7. The method for automatic design of molecular structure of mineral processing flotation reagents based on artificial intelligence as described in claim 6, characterized in that, The establishment of the flotation performance prediction model includes: Obtain data on the molecular structure and flotation performance of known flotation reagents; The molecular structure of a known flotation reagent is converted into a numerical feature representation, which includes molecular fingerprints, molecular descriptors, and / or molecular graph data. Data on the molecular structure and flotation performance of known flotation reagents are preprocessed and divided to obtain a training set for training the model and a validation set for adjusting hyperparameters and preventing overfitting. Model training and validation are then performed to obtain a flotation performance prediction model.
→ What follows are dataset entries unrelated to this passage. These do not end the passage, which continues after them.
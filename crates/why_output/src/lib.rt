// What the program `why` writes: why a captured packet is refused, in words.
#![tactic(auto)]

pub mod given;
mod hex;
pub mod packets;
mod pointed;
pub mod words;

ghost use Rattle.std.specs.Prelude.{◌++◌, ◌≡◌, ◌≤◌, length, IfSome};
ghost use Rattle.cue.specs.Output.{front_of};
ghost use Rattle.reason.specs.Reason.{reason_listed};
ghost use Rattle.text.specs.Line.{numbered};
ghost use Rattle.text.specs.Number.{ascii};
ghost use Rattle.text.specs.Room.{filled, put_at, text_left};
ghost use Rattle.why_output.specs.Hex.{hex_of};
ghost use Rattle.why_output.specs.Wording.{accepted_text, front_text, said_of, said, state_text, judged_text};
ghost use Rattle.why_output.specs.Whole.{is_framed, framed_hint, hex_hint, bytes_text, hex_text, input_text, most_bytes, whole_text};

use card::check::STORE_BYTES;
use cue::frame;
use cue::frame::Frame;
use lbp16::pointer::Pointers;
use packet_text::command;
use reason::Reason;
use text::{line, number, pick};
use words::Words;

// The most bytes that the input may have.
const MOST: usize = 3000000;

// Each answers the place behind what it put.
fn accepted(out: &mut [u8], at: usize, packet: &[u8]) -> usize
    ensures { filled result out.new ≡ put_at (accepted_text packet.now) at out.old }
{
    let t = pick(packet.len() == 0, b"accepted, no commands\n", b"accepted\n");
    text::put(out, at, t)
}

// The bytes before a place; nothing where there are none.
fn front(out: &mut [u8], at: usize, packet: &[u8], place: u64) -> usize
    ensures { filled result out.new ≡ put_at (front_text packet.now place) at out.old }
{
    if place == 0 {
        return text::put(out, at, b"");
    }
    let at = line::numbered(out, at, b"the ", place);
    let at = text::put(out, at, b" bytes before it are an accepted packet:");
    let at = number::bytes(out, at, reason::front(packet, place));
    text::put(out, at, b"\n")
}

// Refusals 1 and 2 are of no command.
fn say(out: &mut [u8], at: usize, packet: &[u8], reason: Option<Reason>) -> usize
    requires { IfSome reason (λ r. 1 ≤ r.number) }
    ensures { filled result out.new ≡ put_at (said_of packet.now (reason_listed reason)) at out.old }
{
    let Some(r) = reason else {
        return accepted(out, at, packet);
    };
    let at = packet_text::put_refused(out, at, r);
    if r.number < 3 {
        return at;
    }
    let at = command::put_command(out, at, packet, r);
    front(out, at, packet, r.place)
}

// Why a packet is refused in this state, put at a place of the room.
pub fn put_said(room: &mut [u8], at: usize, packet: &[u8], store: &[u8], p: Pointers) -> usize
    ensures { filled result room.new ≡ put_at (said packet.now store.now p) at room.old }
{
    let r = reason::explain(packet, store, p);
    say(room, at, packet, r)
}

// From which state a packet is judged: whether its pointers were given, and whether a command of a packet before it uses one.
#[derive(Clone, Copy, Debug, PartialEq, Eq)]
pub(crate) struct Origin {
    pub(crate) given: bool,
    pub(crate) used: bool,
}

// It is said where a command uses a pointer.
fn put_state(room: &mut [u8], at: usize, from: Origin) -> usize
    ensures { filled result room.new ≡ put_at (state_text from.given from.used) at room.old }
{
    let t = pick(
        from.given,
        b"judged from the pointers given\n",
        b"judged from a fresh card\n",
    );
    text::put(room, at, pick(from.used, t, b""))
}

// The same with the state.
fn put_judged(
    room: &mut [u8],
    at: usize,
    from: Origin,
    packet: &[u8],
    store: &[u8],
    p: Pointers,
) -> usize
    ensures { filled result room.new
        ≡ put_at (judged_text from.given from.used packet.now store.now p) at room.old }
{
    let r = reason::explain(packet, store, p);
    let next = say(room, at, packet, r);
    let used = from.used | pointed::uses_pointer(packet, r);
    put_state(room, next, Origin { used, ..from })
}

fn is_framed(bytes: &[u8]) -> bool
    ensures { result ≡ is_framed (front_of bytes.now) }
{
    let frame = frame::frame_at(bytes);
    match frame {
        Frame::End => false,
        Frame::Cut => false,
        Frame::Unmarked => false,
        Frame::Whole(n) => 0 < n,
    }
}

fn put_framed_hint(room: &mut [u8], at: usize, bytes: &[u8]) -> usize
    ensures { filled result room.new ≡ put_at (framed_hint bytes.now) at room.old }
{
    let t = pick(
        is_framed(bytes),
        b"the input looks like packets behind \"LB\": try --lb\n",
        b"",
    );
    text::put(room, at, t)
}

fn put_hex_hint(room: &mut [u8], at: usize, input: &[u8]) -> usize
    ensures { filled result room.new ≡ put_at (hex_hint input.now) at room.old }
{
    let t = pick(
        hex::looks_hex(input),
        b"the input looks like hexadecimal text: try --hex\n",
        b"",
    );
    text::put(room, at, t)
}

fn put_bytes(room: &mut [u8], w: Words, bytes: &[u8], p: Pointers) -> usize
    ensures { filled result room.new ≡ put_at (bytes_text w bytes.now p) 0 room.old }
{
    let mut store = [0u8; STORE_BYTES];
    let given = w.name.is_some();
    if w.lb {
        return packets::put_packets(room, given, bytes, &mut store, p);
    }
    let from = Origin { given, used: false };
    let at = put_judged(room, 0, from, bytes, &store, p);
    put_framed_hint(room, at, bytes)
}

fn put_bad(room: &mut [u8], k: usize) -> usize
    ensures { filled result room.new ≡ put_at (numbered (ascii "no hexadecimal digit at byte ") k ++ ascii "\n") 0 room.old }
{
    let at = line::numbered(room, 0, b"no hexadecimal digit at byte ", k as u64);
    text::put(room, at, b"\n")
}

// `bytes` has space for all that the text says.
fn put_hex(room: &mut [u8], w: Words, text: &[u8], p: Pointers, bytes: &mut [u8; 1500000]) -> usize
    requires { length text.now ≤ most_bytes }
    ensures { filled result room.new ≡ put_at (hex_text w (hex_of text.now) p) 0 room.old }
{
    let found = hex::read(text, bytes);
    match found {
        Err(e) => put_bad(room, e.place),
        Ok(n) => put_bytes(room, w, reason::front(bytes, n as u64), p),
    }
}

fn put_input(room: &mut [u8], w: Words, input: &[u8], p: Pointers) -> usize
    ensures { filled result room.new ≡ put_at (input_text w input.now p) 0 room.old }
{
    if MOST < input.len() {
        return line::too_long(room, 0);
    }
    if w.hex {
        return put_hex(room, w, input, p, &mut [0; 1500000]);
    }
    let at = put_bytes(room, w, input, p);
    put_hex_hint(room, at, input)
}

// What is written: `found`: whether the file named can be opened, `file`: what it has.
fn written(w: Words, found: bool, file: &[u8], input: &[u8], room: &mut [u8]) -> usize
    ensures { filled result room.new
        ≡ put_at (whole_text w found file.now input.now) 0 room.old }
{
    if w.wrong {
        return words::put_usage(room);
    }
    if w.name.is_none() {
        return put_input(room, w, input, Pointers::fresh());
    }
    if !found {
        return text::put(room, 0, b"the file of pointers cannot be opened\n");
    }
    if file.len() != 32 {
        return text::put(room, 0, b"the file of pointers is not 32 bytes long\n");
    }
    put_input(room, w, input, given::pointers_in(file))
}

// The bytes to write stand at the front of the room; how many they are is answered.
pub fn whole(w: Words, found: bool, file: &[u8], input: &[u8], room: &mut [u8; 16384]) -> usize
    ensures { filled result room.new
        ≡ text_left (whole_text w found file.now input.now) room.old }
{
    written(w, found, file, input, room)
}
8. The method for automatically designing the molecular structure of mineral processing flotation reagents based on artificial intelligence as described in claim 5, characterized in that, The step of screening flotation reagent molecules that meet the target performance and constraint conditions from multiple candidate molecular structures based on the flotation performance of each candidate molecular structure includes: The predicted flotation recovery rate of each candidate molecular structure is compared with a preset recovery rate threshold. Candidate molecular structures with predicted flotation recovery rates greater than or equal to the preset recovery rate threshold are retained to obtain the first candidate molecule set. Each candidate molecule structure in the first candidate molecule set is checked for environmental and safety constraints, and candidate molecule structures containing environmental risk structural units or health toxicity structural units are eliminated to obtain the second candidate molecule set. For each candidate molecule structure in the second candidate molecule set, the synthesis constraints are checked, and the candidate molecule structures whose molecular weight is within a preset range and whose number of synthesis steps does not exceed a preset upper limit are retained to obtain the third candidate molecule set. A multi-objective comprehensive score is performed on each candidate molecular structure in the third candidate molecule set. The candidate molecular structures are ranked according to the score results, and the candidate molecular structures in the top 1% are selected as flotation reagent molecules that meet the target performance and constraint conditions.
9. The method for automatically designing the molecular structure of mineral processing flotation reagents based on artificial intelligence as described in claim 8, characterized in that, The multi-objective comprehensive score includes: Obtain the predicted flotation recovery rate, environmental friendliness score, and synthesis feasibility score for each candidate molecular structure in the third candidate molecule set; The performance indicators were normalized to obtain normalized values for flotation recovery, selectivity, environmental friendliness, and synthesis feasibility. Based on preset weighting coefficients, the normalized values were weighted and summed to obtain a comprehensive score for each candidate molecular structure.
10. The method for automatically designing the molecular structure of mineral processing flotation reagents based on artificial intelligence as described in claim 8 or 9, characterized in that, The environmental friendliness score is determined based on the predicted values of biodegradability and ecotoxicity of the molecular structure; the synthesis feasibility score is determined based on the number of steps in the synthesis route, the availability rating of raw materials, and the complexity of the reaction conditions.